New York Lawmakers Pushing To Vaccinate Children Without Parental Consent

New York State lawmakers are weighing legislation that will allow children of any age to be vaccinated without parental consent in cases where parents object to immunization.

Assembly Bill A6761, introduced by New York Assemblymember Karine Reyes (D-Bronx), also would allow medical treatment including hospitalization and surgery without parental consent if the minor appears to have the “capacity to comprehend.”

According to Dr.
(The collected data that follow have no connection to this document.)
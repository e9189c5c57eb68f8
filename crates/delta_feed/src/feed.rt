//! The feed.
ghost use Rattle.std.specs.Prelude.{◌≡◌, ◌++◌, ◌≤◌, ℕ, length, drop, IfOk, OnOk};
ghost use Rattle.delta_feed.specs.FeedState.{acked_of, feed_start};
ghost use Rattle.std.specs.List.Sorted.{IsNonDecreasingBy};
ghost use Rattle.delta_feed.specs.declared.feed.FiledDeltas.{FiledDeltas};
ghost use Rattle.delta_feed.specs.Transition.{slot_rows, all_rows, rows_after, settled, acknowledged, new_epoch, feed_push, feed_tick, transition};

use crate::{In, Out};
use std::alloc::Global;
use std::marker::Model;
use xfs_base::limits::{BY_SLOT, SLOT_COUNT};
use xfs_base::{BlockId, Crosses, Entry, List, Mem};

/// What one settled segment says of blocks.
pub struct FiledDeltas {
    /// The number of the segment in its log.
    pub seq: u32,
    /// The blocks and their entries, in the segment's order.
    pub rows: List<(BlockId, Entry)>,
}

impl Drop for FiledDeltas {
    fn drop(self) {
        let FiledDeltas { seq: _, rows } = self;
        drop(rows);
    }
}

/// The deltas of one log by segment, above a base, and how far each slot has acknowledged them (the 1996
/// paper, "Writes": once a segment is stored, its writer tells the managers of the files in it what
/// changed). Contracts see it as a record of lists.
pub struct Feed {
    base: u32,
    filed: List<FiledDeltas>,
    end: u32,
    acked: [u32; BY_SLOT],
}

impl Drop for Feed {
    fn drop(self) {
        let Feed {
            base: _,
            filed,
            end: _,
            acked: _,
        } = self;
        drop(filed);
    }
}

impl Model for Feed {
    ghost use Rattle.delta_feed.specs.FeedState.{FeedState, IsInOrder};

    ghost Value = { FeedState };

    ghost view = { λ f. record { base = f.base; filed = f.filed; end = f.end; acked = f.acked } };

    ghost invariant = { λ f. IsInOrder f.filed f.end };
}

impl Crosses for FiledDeltas {}

impl Crosses for Feed {}

impl Feed {
    /// A feed of nothing above the base: what the slots know of the log up to that segment they know from
    /// elsewhere. Each slot has acknowledged the base.
    pub fn start(alloc: Global, base: u32) -> Mem<Feed>
        ensures { IfOk result (λ feed. feed ≡ feed_start base) }
    {
        Ok(Feed {
            base,
            filed: List::new(alloc),
            end: base,
            acked: [base; BY_SLOT],
        })
    }

    /// One step: what the feed is after the input, and what it gives. After want of memory nothing is said
    /// of the feed.
    pub fn take(&mut self, alloc: Global, input: In) -> Mem<List<Out>>
        ensures state { OnOk result (self.new ≡ (transition self.old input).state) }
        ensures outs { IfOk result (λ outs. outs ≡ (transition self.old input).outs) }
    {
        let mut outs = List::new(alloc);
        match input {
            In::Settled { seq, rows } => self.settled(seq, rows)?,
            In::Ack { slot, applied } => self.acknowledged(slot, applied),
            In::NewEpoch { slot } => self.new_epoch(slot),
            In::Push { slot } => self.push(alloc, &mut outs, slot)?,
            In::Tick => self.tick(alloc, &mut outs)?,
        }
        Ok(outs)
    }

    /// Up to which segment the manager of a slot, 0 to 7, has acknowledged the log; the base at a greater
    /// number. Takes no memory.
    pub fn acked(&self, slot: u8) -> u32
        ensures { result ≡ acked_of self.now slot }
    {
        if slot < SLOT_COUNT {
            self.acked[usize::from(slot)]
        } else {
            self.base
        }
    }

    fn settled(&mut self, seq: u32, rows: List<(BlockId, Entry)>) -> Mem<()>
        ensures { OnOk result (self.new ≡ settled self.old seq rows) }
    {
        if self.end < seq {
            self.filed.push(FiledDeltas { seq, rows })?;
            self.end = seq;
        }
        Ok(())
    }

    fn acknowledged(&mut self, slot: u8, applied: u32)
        ensures { self.new ≡ acknowledged self.old slot applied }
    {
        if slot < SLOT_COUNT && self.acked(slot) < applied {
            self.acked[usize::from(slot)] = applied;
        }
    }

    fn new_epoch(&mut self, slot: u8)
        ensures { self.new ≡ new_epoch self.old slot }
    {
        if slot < SLOT_COUNT {
            self.acked[usize::from(slot)] = self.base;
        }
    }

    #[tactic(auto, unfolding(crate::specs::Transition::feed_push))]
    fn push(&self, alloc: Global, outs: &mut List<Out>, slot: u8) -> Mem<()>
        ensures { OnOk result (outs.new ≡ outs.old ++ feed_push self.now slot) }
    {
        let acked = self.acked(slot);
        if slot < SLOT_COUNT && acked < self.end {
            let rows = rows_after(alloc, &self.filed, slot, acked)?;
            outs.push(Out::Range {
                slot,
                first: acked + 1,
                upto: self.end,
                rows,
            })?;
        }
        Ok(())
    }

    fn tick(&self, alloc: Global, outs: &mut List<Out>) -> Mem<()>
        ensures { OnOk result (outs.new ≡ outs.old ++ feed_tick self.now) }
    {
        for slot in 0..SLOT_COUNT {
            self.push(alloc, outs, slot)?;
        }
        Ok(())
    }
}

// The rows of a slot in the segments above a number. It takes time by these segments, and not by those
// below them.
fn rows_after(
    alloc: Global,
    filed: &List<FiledDeltas>,
    slot: u8,
    number: u32,
) -> Mem<List<(BlockId, Entry)>>
    requires { IsNonDecreasingBy (λ (f : FiledDeltas). f.seq) filed.now }
    ensures { IfOk result (λ rows. rows ≡ rows_after slot number filed.now) }
{
    let filed = filed.as_slice();
    all_rows(alloc, &filed[count_upto(filed, number)..], slot)
}

// How many segments have no greater number than this: those after them are all that are above it.
fn count_upto(filed: &[FiledDeltas], number: u32) -> usize
    requires { IsNonDecreasingBy (λ (f : FiledDeltas). f.seq) filed.now }
    ensures within { result ≤ length filed.now }
    ensures rest { (slot : ℕ) → all_rows slot (drop result filed.now) ≡ rows_after slot number filed.now }
{
    filed.partition_point(|segment| segment.seq <= number)
}

// The rows of a slot in these segments.
fn all_rows(alloc: Global, filed: &[FiledDeltas], slot: u8) -> Mem<List<(BlockId, Entry)>>
    ensures { IfOk result (λ rows. rows ≡ all_rows slot filed.now) }
{
    let mut rows = List::from_vec(Vec::with_capacity(alloc, room_for(filed, slot))?);
    for segment in filed {
        add_slot_rows(&mut rows, slot, &segment.rows)?;
    }
    Ok(rows)
}

// How many rows of a slot there are, so that a list of them takes no more room: it stays in a run for good.
fn room_for(filed: &[FiledDeltas], slot: u8) -> usize {
    let mut room: usize = 0;
    for segment in filed {
        room = room.saturating_add(count_rows(&segment.rows, slot));
    }
    room
}

fn count_rows(rows: &List<(BlockId, Entry)>, slot: u8) -> usize {
    rows.as_slice()
        .iter()
        .filter(|row| row.0.ino.slot() == slot)
        .count()
}

fn add_slot_rows(
    rows: &mut List<(BlockId, Entry)>,
    slot: u8,
    more: &List<(BlockId, Entry)>,
) -> Mem<()>
    ensures { OnOk result (rows.new ≡ rows.old ++ slot_rows slot more.now) }
{
    for row in more.as_slice() {
        if row.0.ino.slot() == slot {
            rows.push(*row)?;
        }
    }
    Ok(())
}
Suzanna Burdick, who analyzed the legislation for The Defender, the measures would allow a practitioner to administer a vaccine to a child if “they have reason to believe that a person in parental relation to the child … objects to the immunization.”

Further, “A child who may give effective consent [to various medical interventions] … may give such consent to their own immunization, and the consent of no other person shall be necessary.”

Supporters of the legislation, including the American Civil Liberties Union of New York, claim the measure is about ensuring equal access to healthcare for everybody, including children whose parents are opposed to vaccinations.

However, critics of the bill, including John Gilmore, founder and executive director of Autism Action Network, have described the bill as incredibly dangerous and sets a precedent for handing over parental rights to the state.

“The bill’s biggest problem,” Gilmore told The Defender, “is that it allows any medical procedure to be done to children of any age without parental knowledge or consent. That’s the kicker.”

Assemblymember Karines Reyes, a registered nurse, introduced Assembly Bill A6761 which seeks to allow children to be vaccinated without parental consent

The bill has companion legislation in the Senate (S8352), introduced January 19 by state Sen. Rachel May (D-Syracuse). The bills share identical text.

According to Gilmore, there are many more problems with the bill. The active summary statement on the New York Assembly website declares it “allows homeless youth to give effective consent to certain medical, dental, health, and hospital services.”

But as Gilmore points out, that statement is “deliberately misleading” because the bill’s text applies to more than just “homeless” youth seeking “certain” services. In fact, it applies to all minors regardless of how young they are.

The bill states:

“Any person, including a minor, who comprehends the need for, the nature of, and the reasonably foreseeable risks and benefits involved in any contemplated medical, dental, health, and/or hospital services, and any alternatives thereto, may give effective consent to such services for themself, and the consent of no other person shall be necessary.”

Albany is lying about the bill, concludes the Autism Action Network.

Michael Kane, founder of Teachers For Choice in New York, agrees that the bill is duplicitous.

“It’s a complete lie to say the bill applies only to homeless children or runaways — and it’s a dangerous one,” Kane told The Defender. “It’s imperative that legislators understand what the bill really does,” Kane said.

It is also remains unclear how practitioners would assess a minor’s “capacity to comprehend.”

With New York lawmakers considering close to 10,000 bills, legislators may rely on a bill’s one-sentence summary — rather than reading its full text — for deciding how they vote, according to Gilmore.